:: Supplied records ::
.....

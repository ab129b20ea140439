//! What is known of the parts of a pattern before its offsets are followed.

ghost use Rattle.std.specs.Prelude.{map};
ghost use Rattle.jp_iregexp.specs.Tree.{tree};
ghost use Rattle.jp_iregexp.specs.Language.{Language};
ghost use Rattle.jp_match.specs.Private.Rows.{AreRows, AreKnown, EachKnown, marks_of, rows_of};
ghost use Rattle.jp_match.specs.Private.Rows.{parts_of};
ghost use Rattle.jp_match.specs.Private.Search.{IsFound};

use crate::class_tests::Tests;
use crate::images::image_of;
use crate::offsets::only;
use crate::rows::Rows;
use crate::scan::MOST_POSITIONS;
use crate::search::Ground;
use jp_iregexp::{Pattern, positions};
use std::alloc::AllocError;

/// How deep repeats of more positions than a scan takes stand inside one another.
#[cycle(depth)]
pub(crate) fn depth(pattern: &Pattern) -> u32 {
    match pattern {
        Pattern::Either(parts) | Pattern::Sequence(parts) => greatest_depth(parts),
        Pattern::Repeat { inner, .. } if positions(pattern) > MOST_POSITIONS => {
            depth(inner).saturating_add(1)
        }
        Pattern::Repeat { .. } | Pattern::Class(_) => 0,
    }
}

/// How deep repeats of more positions than a scan takes stand inside one another in the deepest of these
/// parts; without parts 0.
#[cycle(depth)]
fn greatest_depth(parts: &[Pattern]) -> u32 {
    let mut greatest = 0;
    for part in parts {
        greatest = depth(part).max(greatest);
    }
    greatest
}

/// What is known of the parts of a pattern. Where repeats stand at most two deep, their rounds are
/// few enough, and nothing is.
#[cycle(relations)]
pub(crate) fn known_parts(
    pattern: &Pattern,
    ground: Ground<'_>,
    tests: &mut Tests,
) -> Result<Vec<Rows>, AllocError>
    ensures { IsFound (λ known. EachKnown (parts_of (tree pattern.now)) ground.entry.text.now (rows_of
        known.items)) tests.old tests.new result }
{
    if depth(pattern) <= 2 {
        return Ok(Vec::new(ground.alloc));
    }
    match pattern {
        Pattern::Either(parts) => each_known(parts, ground, tests),
        Pattern::Sequence(parts) => each_known(parts, ground, tests),
        Pattern::Repeat { inner, .. } => {
            let mut known = Vec::new(ground.alloc);
            known.push(known_rows(inner, ground, tests)?)?;
            Ok(known)
        }
        Pattern::Class(_) => Ok(Vec::new(ground.alloc)),
    }
}

/// What is known of each of these parts, in their order: its rows, or none where its repeats stand less
/// than two deep.
#[cycle(relations)]
fn each_known(
    parts: &[Pattern],
    ground: Ground<'_>,
    tests: &mut Tests,
) -> Result<Vec<Rows>, AllocError>
    ensures { IsFound (λ known. EachKnown (map tree parts.now) ground.entry.text.now (rows_of
        known.items)) tests.old tests.new result }
{
    let mut known = Vec::new(ground.alloc);
    for part in parts {
        let rows = known_rows(part, ground, tests)?;
        known.push(rows)?;
    }
    Ok(known)
}

/// The rows of a pattern whose repeats stand at least two deep.
#[cycle(relations)]
fn known_rows(pattern: &Pattern, ground: Ground<'_>, tests: &mut Tests) -> Result<Rows, AllocError>
    ensures { IsFound (λ rows. AreKnown (Language (tree pattern.now)) ground.entry.text.now (marks_of
        rows.items)) tests.old tests.new result }
{
    if depth(pattern) < 2 {
        return Ok(Vec::new(ground.alloc));
    }
    rows(pattern, ground, tests)
}

/// What words of the pattern reach from each offset alone.
#[cycle(relations)]
fn rows(pattern: &Pattern, ground: Ground<'_>, tests: &mut Tests) -> Result<Rows, AllocError>
    ensures { IsFound (λ rows. AreRows (Language (tree pattern.now)) ground.entry.text.now (marks_of
        rows.items)) tests.old tests.new result }
{
    let known = known_parts(pattern, ground, tests)?;
    let mut rows = Vec::new(ground.alloc);
    for start in 0..ground.text.len() + 1 {
        let row = image_of(pattern, &known, ground, only(ground, start)?, tests)?;
        rows.push(row)?;
    }
    Ok(rows)
}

.....

:: Work to be completed ::
Each record above must be restated in full, word for word.

:: Exercise solution ::
repository ab129b20ea140439
//! What is known of the parts of a pattern before its offsets are followed.

ghost use Rattle.std.specs.Prelude.{map};
ghost use Rattle.jp_iregexp.specs.Tree.{tree};
ghost use Rattle.jp_iregexp.specs.Language.{Language};
ghost use Rattle.jp_match.specs.Private.Rows.{AreRows, AreKnown, EachKnown, marks_of, rows_of};
ghost use Rattle.jp_match.specs.Private.Rows.{parts_of};
ghost use Rattle.jp_match.specs.Private.Search.{IsFound};

use crate::class_tests::Tests;
use crate::images::image_of;
use crate::offsets::only;
use crate::rows::Rows;
use crate::scan::MOST_POSITIONS;
use crate::search::Ground;
use jp_iregexp::{Pattern, positions};
use std::alloc::AllocError;

/// How deep repeats of more positions than a scan takes stand inside one another.
#[cycle(depth)]
pub(crate) fn depth(pattern: &Pattern) -> u32 {
    match pattern {
        Pattern::Either(parts) | Pattern::Sequence(parts) => greatest_depth(parts),
        Pattern::Repeat { inner, .. } if positions(pattern) > MOST_POSITIONS => {
            depth(inner).saturating_add(1)
        }
        Pattern::Repeat { .. } | Pattern::Class(_) => 0,
    }
}

/// How deep repeats of more positions than a scan takes stand inside one another in the deepest of these
/// parts; without parts 0.
#[cycle(depth)]
fn greatest_depth(parts: &[Pattern]) -> u32 {
    let mut greatest = 0;
    for part in parts {
        greatest = depth(part).max(greatest);
    }
    greatest
}

/// What is known of the parts of a pattern. Where repeats stand at most two deep, their rounds are
/// few enough, and nothing is.
#[cycle(relations)]
pub(crate) fn known_parts(
    pattern: &Pattern,
    ground: Ground<'_>,
    tests: &mut Tests,
) -> Result<Vec<Rows>, AllocError>
    ensures { IsFound (λ known. EachKnown (parts_of (tree pattern.now)) ground.entry.text.now (rows_of
        known.items)) tests.old tests.new result }
{
    if depth(pattern) <= 2 {
        return Ok(Vec::new(ground.alloc));
    }
    match pattern {
        Pattern::Either(parts) => each_known(parts, ground, tests),
        Pattern::Sequence(parts) => each_known(parts, ground, tests),
        Pattern::Repeat { inner, .. } => {
            let mut known = Vec::new(ground.alloc);
            known.push(known_rows(inner, ground, tests)?)?;
            Ok(known)
        }
        Pattern::Class(_) => Ok(Vec::new(ground.alloc)),
    }
}

/// What is known of each of these parts, in their order: its rows, or none where its repeats stand less
/// than two deep.
#[cycle(relations)]
fn each_known(
    parts: &[Pattern],
    ground: Ground<'_>,
    tests: &mut Tests,
) -> Result<Vec<Rows>, AllocError>
    ensures { IsFound (λ known. EachKnown (map tree parts.now) ground.entry.text.now (rows_of
        known.items)) tests.old tests.new result }
{
    let mut known = Vec::new(ground.alloc);
    for part in parts {
        let rows = known_rows(part, ground, tests)?;
        known.push(rows)?;
    }
    Ok(known)
}

/// The rows of a pattern whose repeats stand at least two deep.
#[cycle(relations)]
fn known_rows(pattern: &Pattern, ground: Ground<'_>, tests: &mut Tests) -> Result<Rows, AllocError>
    ensures { IsFound (λ rows. AreKnown (Language (tree pattern.now)) ground.entry.text.now (marks_of
        rows.items)) tests.old tests.new result }
{
    if depth(pattern) < 2 {
        return Ok(Vec::new(ground.alloc));
    }
    rows(pattern, ground, tests)
}

/// What words of the pattern reach from each offset alone.
#[cycle(relations)]
fn rows(pattern: &Pattern, ground: Ground<'_>, tests: &mut Tests) -> Result<Rows, AllocError>
    ensures { IsFound (λ rows. AreRows (Language (tree pattern.now)) ground.entry.text.now (marks_of
        rows.items)) tests.old tests.new result }
{
    let known = known_parts(pattern, ground, tests)?;
    let mut rows = Vec::new(ground.alloc);
    for start in 0..ground.text.len() + 1 {
        let row = image_of(pattern, &known, ground, only(ground, start)?, tests)?;
        rows.push(row)?;
    }
    Ok(rows)
}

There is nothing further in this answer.